Work request:
Once the line with "let available = reader.read_bit()?;" is found in the data, output it and each following line exactly, up to and including the line with "let unchecked = reader.read_bit()?;", and nothing before or after.
───── Available records
impl DnsMessage {
    /// Reads the fields in order.
    ///
    /// # Errors
    ///
    /// `ReservedSet`, `InDnsQuestion` or `InDnsRecord`, after the rejected bits have been read.
    /// `Reader(OutOfMemory)` if an allocation for a list fails. The items before the failure
    /// have been read.
    /// Otherwise the reader's errors, after which it has failed.
    pub fn read<R: BitRead>(reader: &mut R, alloc: Global) -> Result<DnsMessage, DnsMessageError>
        ensures { GrowsOwn R.source becomes_dns_message (dns_message_decoder R.source.order) reader.old result reader.new }
    {
        let id = reader.read::<Bits<16>, u16>()?;
        let response = reader.read_bit()?;
        let opcode = reader.read::<Bits<4>, u8>()?;
        let authoritative = reader.read_bit()?;
        let truncated = reader.read_bit()?;
        let recursion = reader.read_bit()?;
        let available = reader.read_bit()?;
        reader.read_const::<Bits<1>, Bits<0>, DnsMessageError>(DnsMessageError::ReservedSet)?;
        DnsMessage::read_2(
            reader,
            alloc,
            id,
            response,
            opcode,
            authoritative,
            truncated,
            recursion,
            available,
        )
    }

    /// Reads the fields from `authentic` on.
    fn read_2<R: BitRead>(
        reader: &mut R,
        alloc: Global,
        id: u16,
        response: bool,
        opcode: u8,
        authoritative: bool,
        truncated: bool,
        recursion: bool,
        available: bool,
    ) -> Result<DnsMessage, DnsMessageError>
        ensures { GrowsOwn R.source becomes_dns_message
            (dns_message_decoder_1 R.source.order id response opcode authoritative truncated recursion available)
            reader.old result reader.new }
    {
        let authentic = reader.read_bit()?;
        let unchecked = reader.read_bit()?;
        let code = reader.read::<Bits<4>, u8>()?;
        let questions_count = reader.read::<Bits<16>, u64>()?;
        let answers_count = reader.read::<Bits<16>, u64>()?;
        let authorities_count = reader.read::<Bits<16>, u64>()?;
        let additional_count = reader.read::<Bits<16>, u64>()?;
        let questions = read_questions(reader, alloc, questions_count)?;
        DnsMessage::read_3(
            reader,
            alloc,
            id,
            response,
            opcode,
            authoritative,
            truncated,
            recursion,
            available,
            authentic,
            unchecked,
            code,
            questions_count,
            answers_count,
            authorities_count,
            additional_count,
            questions,
        )
    }

    /// Reads the fields from `answers` on.
    fn read_3<R: BitRead>(
        reader: &mut R,
        alloc: Global,
        id: u16,
        response: bool,
        opcode: u8,
        authoritative: bool,
        truncated: bool,
        recursion: bool,
        available: bool,
        authentic: bool,
        unchecked: bool,
        code: u8,
        questions_count: u64,
        answers_count: u64,
        authorities_count: u64,
        additional_count: u64,
        questions: Vec<DnsQuestion>,
    ) -> Result<DnsMessage, DnsMessageError>
        ensures { GrowsOwn R.source becomes_dns_message
            (dns_message_decoder_2 R.source.order id response opcode authoritative truncated recursion available authentic unchecked code questions_count answers_count authorities_count additional_count questions.items)
            reader.old result reader.new }
    {
        let answers = read_answers(reader, alloc, answers_count)?;
        let authorities = read_authorities(reader, alloc, authorities_count)?;
        let additional = read_additional(reader, alloc, additional_count)?;
        Ok(DnsMessage {
            id,
            response,
            opcode,
            authoritative,
            truncated,
            recursion,
            available,
            authentic,
            unchecked,
            code,
            questions,
            answers,
            authorities,
            additional,
        })
    }

    /// Parses the value at the start of `packet`.
    ///
    /// # Errors
    ///
    /// `ReservedSet`, `InDnsQuestion` or `InDnsRecord` if bits are rejected.
    /// `Reader(EndOfInput)` if the bytes end before the fields do.
    /// `Reader(RunTooLong)` if the last part is not among the first 2^32.
    /// `Reader(OutOfMemory)` if the allocation for an item of a list fails.
    pub fn parse(packet: &[u8], alloc: Global) -> Result<DnsMessage, DnsMessageError>
        ensures answer { (OwnAnswer becomes_dns_message (λ answer. answer)
            (sure_answer ((dns_message_decoder High).reads 0 (bits High packet.now))) result)
            ⊎ ((result ≡ Err (DnsMessageError.Reader OutOfMemory))
            × MayAllocate (dns_message_decoder High) 0 (bits High packet.now)) }
        ensures back { (value : DnsMessage) (more : List Bool) → Fits value
            → bits High packet.now ≡ write_sequence (dns_message_writes High value) 0 ++ more
            → (result ≡ Ok value)
            ⊎ (result ≡ Err (DnsMessageError.Reader OutOfMemory)) }
    {
        dns_message_round_trip();
        DnsMessage::read(&mut BitReader::<_, BE>::over(packet), alloc)
    }

    /// Writes the fields in order.
    ///
    /// # Errors
    ///
    /// `Checked` for a field that does not fit its bits. The fields before it have been written.
    /// Otherwise the sink's errors.
    pub fn write<W: BitWrite>(&self, writer: &mut W) -> Result<(), Error>
        ensures { WritesAll W.sink (dns_message_writes W.sink.order self.now) writer.old result writer.new }
    {
        writer.write::<Bits<16>, u16>(self.id)?;
        writer.write_bit(self.response)?;
        writer.write::<Bits<4>, u8>(self.opcode)?;
        writer.write_bit(self.authoritative)?;
        writer.write_bit(self.truncated)?;
        writer.write_bit(self.recursion)?;
        writer.write_bit(self.available)?;
        writer.write_const::<Bits<1>, Bits<0>>()?;
        self.write_2(writer)
    }

    /// Writes the fields from `authentic` on.
    fn write_2<W: BitWrite>(&self, writer: &mut W) -> Result<(), Error>
        ensures { WritesAll W.sink (dns_message_writes_2 W.sink.order self.now)
            writer.old result writer.new }
    {
        writer.write_bit(self.authentic)?;
        writer.write_bit(self.unchecked)?;
        writer.write::<Bits<4>, u8>(self.code)?;
        writer.write::<Bits<16>, u64>(self.questions.len() as u64)?;
        writer.write::<Bits<16>, u64>(self.answers.len() as u64)?;
        writer.write::<Bits<16>, u64>(self.authorities.len() as u64)?;
        writer.write::<Bits<16>, u64>(self.additional.len() as u64)?;
        write_questions(writer, &self.questions)?;
        self.write_3(writer)
    }

    /// Writes the fields from `answers` on.
    fn write_3<W: BitWrite>(&self, writer: &mut W) -> Result<(), Error>
        ensures { WritesAll W.sink (dns_message_writes_3 W.sink.order self.now)
            writer.old result writer.new }
    {
        write_answers(writer, &self.answers)?;
        write_authorities(writer, &self.authorities)?;
        write_additional(writer, &self.additional)?;
        Ok(())
    }

    /// Writes the fields to the first bytes of a buffer, and returns what was written. The other bytes
    /// stay as they were. Does not allocate.
    ///
    /// # Errors
    ///
    /// `Checked` for the first field that does not fit its bits, however long the buffer is.
    /// `Stream(WriteZero)` if all fields fit, and the buffer is too short for the bits.
    /// After an error, the first bytes of the buffer may have changed.
    pub fn pack_into<'a>(&self, buffer: &'a mut [u8]) -> Result<SliceMut<'a>, Error>
        ensures packed { IfOk result (λ packed. bits High (written_bytes packed) ≡ dns_message_bits self.now) }
        ensures first { IfOk result (HoldsFirst buffer.entry.ghost_name buffer.old) }
        ensures accepted { IsOk result → AllAccepted (dns_message_writes High self.now) 0 }
        ensures misfit { (error : Error) → sequence_length (dns_message_writes High self.now) 0 ≡ Err error
            → result ≡ Err error }
        ensures room { Fits self.now → dns_message_size High self.now ≤ 8 * length buffer.old
            → IsOk result }
        ensures short { Fits self.now → 8 * length buffer.old < dns_message_size High self.now
            → result ≡ Err (Stream WriteZero) }
    {
        pack_into::<BE, DnsMessage>(self, buffer)
    }
}

impl FromBitStreamUsing for DnsMessage {
    type Context = Global;

    type Error = DnsMessageError;

    ghost grows = { true };

    ghost becomes = { becomes_dns_message };

    ghost reads = { λ o _. dns_message_decoder o };

    fn from_reader<R: BitRead>(
        reader: &mut R,
        alloc: Global,
    ) -> Result<DnsMessage, DnsMessageError> {
        DnsMessage::read(reader, alloc)
    }
}

impl ToBitStream for DnsMessage {
    type Error = Error;

    ghost becomes = { same_error };

    ghost writes = { dns_message_writes };

    fn to_writer<W: BitWrite>(&self, writer: &mut W) -> Result<(), Error> {
        self.write(writer)
    }
}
──────────
Solution to the problem:
        let available = reader.read_bit()?;
        reader.read_const::<Bits<1>, Bits<0>, DnsMessageError>(DnsMessageError::ReservedSet)?;
        DnsMessage::read_2(
            reader,
            alloc,
            id,
            response,
            opcode,
            authoritative,
            truncated,
            recursion,
            available,
        )
    }

    /// Reads the fields from `authentic` on.
    fn read_2<R: BitRead>(
        reader: &mut R,
        alloc: Global,
        id: u16,
        response: bool,
        opcode: u8,
        authoritative: bool,
        truncated: bool,
        recursion: bool,
        available: bool,
    ) -> Result<DnsMessage, DnsMessageError>
        ensures { GrowsOwn R.source becomes_dns_message
            (dns_message_decoder_1 R.source.order id response opcode authoritative truncated recursion available)
            reader.old result reader.new }
    {
        let authentic = reader.read_bit()?;
        let unchecked = reader.read_bit()?;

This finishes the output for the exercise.